Compounds from the Medicines for Malaria Venture Box Inhibit In Vitro Growth of Babesia divergens, a Blood-Borne Parasite of Veterinary and Zoonotic Importance

Abstract

Babesiosis is an infectious disease with an empty drug pipeline. A search inside chemical libraries for novel potent antibabesial candidates may help fill such an empty drug pipeline. A total of 400 compounds (200 drug-like and 200 probe-like) from the Malaria Box were evaluated in the current study against the in vitro growth of Babesia divergens (B. divergens), a parasite of veterinary and zoonotic importance. Novel and more effective anti-B. divergens drugs than the traditionally used ones were identified. Seven compounds (four drug-like and three probe-like) revealed a highly inhibitory effect against the in vitro growth of B. divergens, with IC₅₀s ≤ 10 nanomolar. Among these hits, MMV006913 exhibited an IC₅₀ value of 1 nM IC₅₀ and the highest selectivity index of 32,000. The atom pair fingerprint (APfp) analysis revealed that MMV006913 and MMV019124 showed maximum structural similarity (MSS) with atovaquone and diminazene aceturate (DA), and with DA and imidocarb dipropionate (ID), respectively. MMV665807 and MMV665850 showed MMS with each other and with ID. Of note, a high concentration (0.75 IC₅₀) of MMV006913 caused additive inhibition of B. divergens growth when combined with DA at 0.75 or 0.50 IC₅₀. The Medicines for Malaria Venture box is a treasure trove of anti-B. divergens candidates according to the obtained results.

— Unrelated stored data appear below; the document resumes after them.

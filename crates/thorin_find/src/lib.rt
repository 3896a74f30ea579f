//! The commands `find` and `list`: a unit of a package looked up, and all its units in lines or in
//! columns, with their names and sizes.
#![tactic(auto)]

mod files;
mod finding;
mod listing;
mod names;
mod sizes;

pub use files::{FileReader, HostReader, PackageKind, Unread, has_no_index, kind_of, read_named};
pub use finding::{
    FindForm, FindWords, find_by, put_json_unit, put_object, short_kind, string_count,
};
pub use listing::{ListForm, entries_by_row, list_by};
pub use names::header_of;
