//! The names that a unit's own bytes give: of its source, and of its object.

ghost use Rattle.thorin_find.specs.Names as spec;
ghost use Rattle.thorin_find.specs.Names.{object_name, short_string_at, source_name, string_number};
ghost use Rattle.dwp_dwarf.specs.Attributes.{attribute_of, attributes_left, entry_of, root_of};
ghost use Rattle.std.specs.{Option.option_and_then, Option.option_copied, Result.result_ok};
ghost use Rattle.thorin_find.specs.Names.{die_of, header_in, named, object_in, string_of};
ghost use Rattle.{dwp_bytes.specs.Input.front, dwp_index.specs.Contents.content};
ghost use Rattle.std.specs.Prelude.{option_map, ◌≡◌};
ghost use Rattle.dwp_units.specs.Units.{unit_of};

use dwp_base::{Endianness, SectionKind};
use dwp_bytes::{ReadError, Reader, SliceReader, StringOffsets, string_at};
use dwp_dwarf::{Abbreviations, Attribute, Attributes, RootEntry, UnitHeader, UnitHeaders};
use dwp_index::{PackageFile, PackagedUnit, place_of};
use dwp_table::DwarfObject;

const DW_AT_NAME: u64 = 0x03;

const DW_AT_DWO_NAME: u64 = 0x76;

const DW_AT_GNU_DWO_NAME: u64 = 0x2130;

const DW_FORM_STRING: u64 = 0x08;

const DW_FORM_STRX: u64 = 0x1a;

const DW_FORM_STRX1: u64 = 0x25;

const DW_FORM_STRX2: u64 = 0x26;

const DW_FORM_STRX3: u64 = 0x27;

const DW_FORM_STRX4: u64 = 0x28;

const DW_FORM_GNU_STR_INDEX: u64 = 0x1f02;

/// How many bytes are read at most of a unit's abbreviations, and of the values of its unit DIE.
const MOST_READ: usize = 16384;

/// How many bytes a name is sought in.
const MOST_NAMED: u64 = 4096;

/// The names of a unit's source, `DW_AT_name` of its unit DIE, and of its object, `DW_AT_dwo_name`
/// or `DW_AT_GNU_dwo_name` there.
#[tactic(auto, unfolding(crate::specs::Names::source_name, crate::specs::Names::object_name))]
pub(crate) fn names_of<'a>(
    pack: &PackageFile<'a>,
    object: DwarfObject,
    unit: &PackagedUnit<'a>,
) -> (Option<&'a [u8]>, Option<&'a [u8]>)
    ensures source { option_copied result.0 ≡ source_name pack.now.order
        (content pack.now.contents SectionKind.Str) object unit.now }
    ensures name { option_copied result.1 ≡ object_name pack.now.order
        (content pack.now.contents SectionKind.Str) object unit.now }
{
    match die_of(pack.order(), object, unit) {
        Some(die) => (
            string_of(pack, unit, attribute_named(die.attributes, DW_AT_NAME)),
            string_of(pack, unit, object_in(&die)),
        ),
        None => (None, None),
    }
}

/// The string of an attribute of a unit, where there is one.
#[tactic(auto, unfolding(crate::specs::Names::string_of, crate::specs::Names::numbered_string))]
fn string_of<'a>(
    pack: &PackageFile<'a>,
    unit: &PackagedUnit<'a>,
    attribute: Option<Attribute<SliceReader<'a>>>,
) -> Option<&'a [u8]>
    ensures { option_copied result ≡ option_and_then
        (string_of pack.now.order (content pack.now.contents SectionKind.Str) unit.now)
        (option_map (attribute_of ⟦<SliceReader<'a> as Reader>⟧.input) attribute.entry) }
{
    let attribute = attribute?;
    if attribute.form == DW_FORM_STRING {
        return short_string_at(attribute.value.slice(), 0);
    }
    let i = string_number(&attribute)?;
    let strings = pack.content(SectionKind::Str);
    let offsets = StringOffsets {
        strings,
        offsets: unit.section(SectionKind::StrOffsets),
        order: pack.order(),
        encoding: unit.encoding(),
    };
    let offset = offsets.entry(i)?;
    short_string_at(strings, offset)
}

/// The attribute that names the object.
fn object_in<R: Reader>(die: &RootEntry<R>) -> Option<Attribute<R>>
    ensures { option_map (attribute_of R.input) result ≡ object_in (entry_of R.input die.now) }
{
    match attribute_named(die.attributes, DW_AT_DWO_NAME) {
        Some(attribute) => Some(attribute),
        None => attribute_named(die.attributes, DW_AT_GNU_DWO_NAME),
    }
}

/// The first attribute of a name, before the first error.
fn attribute_named<R: Reader>(attributes: Attributes<R>, name: u64) -> Option<Attribute<R>>
    ensures { option_map (attribute_of R.input) result
        ≡ named name (attributes_left R.input attributes) }
{
    for attribute in attributes {
        let attribute = attribute.ok()?;
        if attribute.name == name {
            return Some(attribute);
        }
    }
    None
}

/// The header of a unit, as its own bytes have it.
pub fn header_of<'a>(
    unit: &PackagedUnit<'a>,
    object: DwarfObject,
    order: Endianness,
) -> Result<UnitHeader<SliceReader<'a>>, ReadError>
    ensures { option_map (unit_of ⟦<SliceReader<'a> as Reader>⟧.input) (result_ok result)
        ≡ header_in order object unit.now }
{
    let reader = SliceReader::new(unit.bytes(), order);
    let place = place_of(object, unit.range(SectionKind::Types));
    UnitHeaders::new(reader, place)
        .next()
        .ok_or(ReadError::UnexpectedEof)?
}

/// The unit DIE of a unit, where it can be read.
#[tactic(auto, unfolding(crate::specs::Names::die_of, crate::specs::Names::unit_die, crate::specs::Names::table_at))]
fn die_of<'a>(
    order: Endianness,
    object: DwarfObject,
    unit: &PackagedUnit<'a>,
) -> Option<RootEntry<SliceReader<'a>>>
    ensures { root_of ⟦<SliceReader<'a> as Reader>⟧.input result ≡ die_of order object unit.now }
{
    let header = header_of(unit, object, order).ok()?;
    let (code, values) = header.root_code().ok()??;
    let mut abbreviations = SliceReader::new(unit.section(SectionKind::Abbrev), order);
    abbreviations.skip(header.abbrev_offset() as usize).ok()?;
    let table = Abbreviations::new(beginning(abbreviations), 0).ok()?;
    let abbreviation = table.get(code).ok()??;
    Some(abbreviation.entry(header.encoding(), beginning(values)))
}

/// What is read at most.
#[tactic(auto, unfolding(dwp_bytes::specs::Input::truncate_at))]
fn beginning<R: Reader>(mut reader: R) -> R
    ensures { R.input result ≡ front spec.most_read (R.input reader) }
{
    match reader.truncate(MOST_READ) {
        Ok(()) => reader,
        Err(_) => reader,
    }
}

/// The number of an attribute's string among those of its unit.
#[tactic(auto, unfolding(crate::specs::Names::string_number))]
fn string_number<R: Reader>(attribute: &Attribute<R>) -> Option<u64>
    ensures { result ≡ string_number (attribute_of R.input attribute.now) }
{
    let mut value = attribute.value;
    let number = match attribute.form {
        DW_FORM_STRX | DW_FORM_GNU_STR_INDEX => value.read_uleb128().ok()?,
        DW_FORM_STRX1 => u64::from(value.read_u8().ok()?),
        DW_FORM_STRX2 => u64::from(value.read_u16().ok()?),
        DW_FORM_STRX3 => u64::from(value.read_u24().ok()?),
        DW_FORM_STRX4 => u64::from(value.read_u32().ok()?),
        _ => return None,
    };
    Some(number)
}

/// The string at an offset, where it is short enough for a name.
#[tactic(auto, unfolding(crate::specs::Names::short_string_at))]
fn short_string_at(strings: &[u8], offset: u64) -> Option<&[u8]>
    ensures { option_copied result ≡ short_string_at strings.now offset }
{
    let end = offset.saturating_add(MOST_NAMED).min(strings.len() as u64);
    string_at(&strings[..end as usize], offset).ok()
}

Keywords: Babesia divergens; MMV006913; in vitro; large-scale screening; malaria box.

Figure 1

Drug-like and probe-like compounds with potential (IC₅₀ < 1 µM) against B. divergens identified from in vitro screening of the Malaria Box. (A). Drug-like compounds. (B). Probe-like compounds. The data are the means of two independent experiments.

Figure 2

Inhibition of B. divergens in vitro growth by MMV drug-like compounds. (a). Relationship between MMV666116, MMV666081, MMV665906, MMV665891, and MMV009060 concentrations (nM) and RFUs for the parasite. (b). Relationship between MMV666067, MMV666093, MMV142383, MMV665799, and MMV665800 concentrations (nM) and RFUs for the parasite. (c). Relationship between MMV019758, MMV666102, MMV665879, MMV665807, and MMV665850 concentrations (nM) and RFUs for the parasite. (d). Relationship between MMV006706, MMV019124, MMV006913, and MMV084940 concentrations (nM) and RFUs for the parasite. Each value is presented as the mean of three independent experiments after subtraction of the background fluorescence for nonparasitized RBCs. The lowest drug concentrations for which inhibition of B. divergens growth was statistically significant (p < 0.05) are indicated by a rectangle.

Figure 3

Inhibition of B. divergens in vitro growth by MMV probe-like compounds. (a). Relationship between MMV006787, MMV085471, MMV000443, MMV665934, and MMV665797 concentrations (nM) and RFUs for the parasite. (b). Relationship between MMV665969, MMV666109, MMV019241, MMV007224, and MMV000445 concentrations (nM) and RFUs for the parasite. (c). Relationship between MMV019995, MMV665943, MMV007273, MMV000699, and MMV000720 concentrations (nM) and RFUs for the parasite. (d). Relationship between MMV020912, MMV666054, MMV007208, and MMV000619 concentrations (nM) and RFUs for the parasite. Each value is presented as the mean of three independent experiments after subtraction of the background fluorescence for nonparasitized RBCs. The lowest drug concentrations for which inhibition of B. divergens growth was statistically significant (p < 0.05) are indicated by a rectangle.

Figure 4

Chemical structures of drug-like and probe-like compounds exhibited a high potential (IC₅₀ ≤ 10 nM) against B. divergens identified from in vitro screening of the Malaria Box. MMV structures were provided by the MMV as part of the supporting information for the Malaria Box. ^dr drug-like compounds. ^pr probe-like compound.

Figure 5

Hierarchical clustering analysis. The hierarchical clustering analysis was performed using ChemmineR software and highlights the structural similarities between the MMV compounds with potent anti-B. divergens activity and the commonly used antibabesial drugs (diminazene aceturate, imidocarb dipropionate, and atovaquone). Dissimilarity is reported using a scale unit of 0.05.